(Records from a collection)
-*-*-
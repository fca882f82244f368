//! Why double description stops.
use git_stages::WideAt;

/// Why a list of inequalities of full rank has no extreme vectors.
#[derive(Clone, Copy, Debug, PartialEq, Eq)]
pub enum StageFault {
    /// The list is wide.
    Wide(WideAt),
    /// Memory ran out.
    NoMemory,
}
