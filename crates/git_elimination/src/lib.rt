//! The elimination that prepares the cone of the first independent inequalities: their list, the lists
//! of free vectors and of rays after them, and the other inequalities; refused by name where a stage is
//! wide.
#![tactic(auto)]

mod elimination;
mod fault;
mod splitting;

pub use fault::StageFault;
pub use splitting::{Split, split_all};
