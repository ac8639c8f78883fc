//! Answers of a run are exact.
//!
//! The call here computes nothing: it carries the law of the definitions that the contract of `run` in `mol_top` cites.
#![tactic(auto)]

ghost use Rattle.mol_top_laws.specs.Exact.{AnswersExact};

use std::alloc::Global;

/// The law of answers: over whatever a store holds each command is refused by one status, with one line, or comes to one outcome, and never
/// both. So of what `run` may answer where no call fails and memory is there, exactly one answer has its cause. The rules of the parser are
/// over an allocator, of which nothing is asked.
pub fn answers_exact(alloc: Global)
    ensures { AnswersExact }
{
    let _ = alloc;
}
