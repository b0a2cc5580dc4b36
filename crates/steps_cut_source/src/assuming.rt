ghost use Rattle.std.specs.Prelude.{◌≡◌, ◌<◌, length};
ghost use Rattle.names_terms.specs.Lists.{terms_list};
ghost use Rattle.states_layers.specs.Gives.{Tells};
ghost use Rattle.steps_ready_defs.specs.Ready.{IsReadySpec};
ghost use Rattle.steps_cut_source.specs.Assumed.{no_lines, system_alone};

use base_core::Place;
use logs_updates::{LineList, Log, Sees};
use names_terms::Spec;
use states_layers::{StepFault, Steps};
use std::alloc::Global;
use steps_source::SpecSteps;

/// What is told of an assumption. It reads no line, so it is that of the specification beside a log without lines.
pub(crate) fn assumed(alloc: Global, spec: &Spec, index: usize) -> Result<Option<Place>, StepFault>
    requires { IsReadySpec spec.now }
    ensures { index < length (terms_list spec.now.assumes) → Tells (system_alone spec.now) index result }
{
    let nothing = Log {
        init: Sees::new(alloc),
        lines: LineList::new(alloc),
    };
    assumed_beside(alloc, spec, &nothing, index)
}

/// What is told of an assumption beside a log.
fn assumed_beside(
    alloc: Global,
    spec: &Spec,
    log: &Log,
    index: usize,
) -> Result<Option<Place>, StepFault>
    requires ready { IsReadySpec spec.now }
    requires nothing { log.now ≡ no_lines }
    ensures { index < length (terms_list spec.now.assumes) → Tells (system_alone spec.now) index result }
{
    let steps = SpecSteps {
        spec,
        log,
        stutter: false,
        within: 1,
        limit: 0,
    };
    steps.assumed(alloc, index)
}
-*-*-
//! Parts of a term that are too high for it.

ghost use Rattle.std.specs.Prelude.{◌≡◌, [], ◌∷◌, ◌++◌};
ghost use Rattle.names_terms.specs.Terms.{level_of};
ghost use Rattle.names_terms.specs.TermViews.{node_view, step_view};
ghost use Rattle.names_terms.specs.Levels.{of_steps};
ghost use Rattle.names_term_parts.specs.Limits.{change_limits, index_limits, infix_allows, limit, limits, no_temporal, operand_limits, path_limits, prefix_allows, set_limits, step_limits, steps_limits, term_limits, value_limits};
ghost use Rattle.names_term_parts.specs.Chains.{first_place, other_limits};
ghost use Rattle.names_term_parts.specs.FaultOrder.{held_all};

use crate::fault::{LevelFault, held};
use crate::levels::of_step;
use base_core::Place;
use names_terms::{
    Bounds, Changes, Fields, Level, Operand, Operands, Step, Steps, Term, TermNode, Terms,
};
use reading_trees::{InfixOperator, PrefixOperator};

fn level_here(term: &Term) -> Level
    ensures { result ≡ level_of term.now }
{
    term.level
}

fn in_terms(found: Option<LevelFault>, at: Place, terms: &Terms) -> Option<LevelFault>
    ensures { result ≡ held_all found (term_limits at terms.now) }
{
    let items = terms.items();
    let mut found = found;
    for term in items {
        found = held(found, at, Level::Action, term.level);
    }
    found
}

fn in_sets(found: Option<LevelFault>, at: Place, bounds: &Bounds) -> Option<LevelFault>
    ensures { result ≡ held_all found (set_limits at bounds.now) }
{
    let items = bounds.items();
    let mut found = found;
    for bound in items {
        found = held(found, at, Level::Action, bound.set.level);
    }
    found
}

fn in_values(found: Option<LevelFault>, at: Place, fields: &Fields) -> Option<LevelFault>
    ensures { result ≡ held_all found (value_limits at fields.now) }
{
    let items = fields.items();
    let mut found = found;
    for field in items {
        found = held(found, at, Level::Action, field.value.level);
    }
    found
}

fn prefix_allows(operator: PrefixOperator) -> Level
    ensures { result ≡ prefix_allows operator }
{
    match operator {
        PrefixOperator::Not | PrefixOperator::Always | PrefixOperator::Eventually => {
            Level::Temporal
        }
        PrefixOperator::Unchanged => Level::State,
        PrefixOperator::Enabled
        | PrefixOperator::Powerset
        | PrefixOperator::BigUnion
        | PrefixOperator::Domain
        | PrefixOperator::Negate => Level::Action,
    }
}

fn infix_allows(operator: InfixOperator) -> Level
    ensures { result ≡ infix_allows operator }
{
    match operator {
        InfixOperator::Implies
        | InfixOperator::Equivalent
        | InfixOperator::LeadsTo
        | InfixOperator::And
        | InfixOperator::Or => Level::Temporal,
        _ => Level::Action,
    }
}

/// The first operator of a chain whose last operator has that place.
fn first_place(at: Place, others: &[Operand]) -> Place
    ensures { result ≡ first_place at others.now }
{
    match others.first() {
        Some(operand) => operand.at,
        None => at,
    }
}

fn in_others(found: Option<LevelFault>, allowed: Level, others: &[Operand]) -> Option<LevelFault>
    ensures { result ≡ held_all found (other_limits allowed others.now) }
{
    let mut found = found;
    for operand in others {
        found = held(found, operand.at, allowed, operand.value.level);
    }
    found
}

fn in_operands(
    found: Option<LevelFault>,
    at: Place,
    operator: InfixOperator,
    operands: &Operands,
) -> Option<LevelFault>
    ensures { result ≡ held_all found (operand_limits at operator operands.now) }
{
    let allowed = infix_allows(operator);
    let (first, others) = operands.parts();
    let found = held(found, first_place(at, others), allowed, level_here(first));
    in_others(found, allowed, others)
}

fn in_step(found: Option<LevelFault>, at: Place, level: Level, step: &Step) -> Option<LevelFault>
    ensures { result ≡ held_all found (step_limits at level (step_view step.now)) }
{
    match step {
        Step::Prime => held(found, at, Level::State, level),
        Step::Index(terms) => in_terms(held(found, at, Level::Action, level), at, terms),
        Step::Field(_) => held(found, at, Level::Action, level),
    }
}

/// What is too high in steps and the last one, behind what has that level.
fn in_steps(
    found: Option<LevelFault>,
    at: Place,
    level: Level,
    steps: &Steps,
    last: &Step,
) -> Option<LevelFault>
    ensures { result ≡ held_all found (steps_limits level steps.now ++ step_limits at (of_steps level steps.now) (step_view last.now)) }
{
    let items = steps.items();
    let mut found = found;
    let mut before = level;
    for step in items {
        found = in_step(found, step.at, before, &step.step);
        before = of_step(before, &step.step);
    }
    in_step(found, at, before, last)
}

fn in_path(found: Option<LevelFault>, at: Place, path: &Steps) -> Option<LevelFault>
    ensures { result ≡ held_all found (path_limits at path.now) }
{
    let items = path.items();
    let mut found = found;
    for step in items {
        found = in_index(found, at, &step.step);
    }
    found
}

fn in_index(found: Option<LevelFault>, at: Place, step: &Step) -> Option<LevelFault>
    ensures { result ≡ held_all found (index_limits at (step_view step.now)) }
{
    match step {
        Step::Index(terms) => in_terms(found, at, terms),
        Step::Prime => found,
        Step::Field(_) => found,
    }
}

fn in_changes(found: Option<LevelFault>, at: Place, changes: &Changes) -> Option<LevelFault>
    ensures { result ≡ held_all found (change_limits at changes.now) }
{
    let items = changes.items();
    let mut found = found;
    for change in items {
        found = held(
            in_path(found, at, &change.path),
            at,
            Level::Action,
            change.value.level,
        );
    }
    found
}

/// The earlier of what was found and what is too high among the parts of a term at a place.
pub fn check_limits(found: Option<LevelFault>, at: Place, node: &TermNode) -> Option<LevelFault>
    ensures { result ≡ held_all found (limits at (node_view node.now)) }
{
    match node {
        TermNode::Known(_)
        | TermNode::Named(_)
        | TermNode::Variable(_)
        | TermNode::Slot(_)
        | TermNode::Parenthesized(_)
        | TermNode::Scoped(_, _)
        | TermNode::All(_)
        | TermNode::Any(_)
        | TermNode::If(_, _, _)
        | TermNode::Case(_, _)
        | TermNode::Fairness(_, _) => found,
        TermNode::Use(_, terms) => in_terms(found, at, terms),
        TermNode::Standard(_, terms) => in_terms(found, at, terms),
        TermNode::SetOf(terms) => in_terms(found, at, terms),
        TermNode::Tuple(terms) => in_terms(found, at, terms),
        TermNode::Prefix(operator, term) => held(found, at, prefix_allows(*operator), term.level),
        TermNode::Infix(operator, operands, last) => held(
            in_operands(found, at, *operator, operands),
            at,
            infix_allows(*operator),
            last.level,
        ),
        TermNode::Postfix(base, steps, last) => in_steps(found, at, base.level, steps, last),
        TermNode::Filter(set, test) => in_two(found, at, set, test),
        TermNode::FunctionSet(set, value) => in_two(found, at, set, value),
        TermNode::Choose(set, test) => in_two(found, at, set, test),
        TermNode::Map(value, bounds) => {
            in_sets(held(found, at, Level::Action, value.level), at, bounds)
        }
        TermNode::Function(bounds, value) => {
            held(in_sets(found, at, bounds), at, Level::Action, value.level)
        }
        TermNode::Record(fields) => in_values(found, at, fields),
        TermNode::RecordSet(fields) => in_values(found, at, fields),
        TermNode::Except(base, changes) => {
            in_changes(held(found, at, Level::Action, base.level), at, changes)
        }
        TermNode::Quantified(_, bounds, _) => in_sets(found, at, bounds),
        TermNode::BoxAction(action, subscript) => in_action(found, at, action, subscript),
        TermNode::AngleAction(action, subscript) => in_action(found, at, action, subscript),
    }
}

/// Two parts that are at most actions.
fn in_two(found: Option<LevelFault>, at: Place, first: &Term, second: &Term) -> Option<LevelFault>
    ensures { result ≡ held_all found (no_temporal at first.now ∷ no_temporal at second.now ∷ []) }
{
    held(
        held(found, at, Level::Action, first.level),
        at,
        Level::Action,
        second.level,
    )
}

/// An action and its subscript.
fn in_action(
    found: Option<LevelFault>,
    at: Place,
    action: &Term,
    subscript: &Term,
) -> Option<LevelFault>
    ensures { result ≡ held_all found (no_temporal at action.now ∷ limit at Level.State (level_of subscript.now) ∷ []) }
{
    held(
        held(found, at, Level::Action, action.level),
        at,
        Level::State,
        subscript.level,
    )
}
-*-*-
For each line above that holds the string "nothing", provide a copy of that line.

//! The call here computes nothing: it carries the law of the definitions that the contract of `run` in `mol_top` cites.
/// over an allocator, of which nothing is asked.
    let nothing = Log {
    assumed_beside(alloc, spec, &nothing, index)
    requires nothing { log.now ≡ no_lines }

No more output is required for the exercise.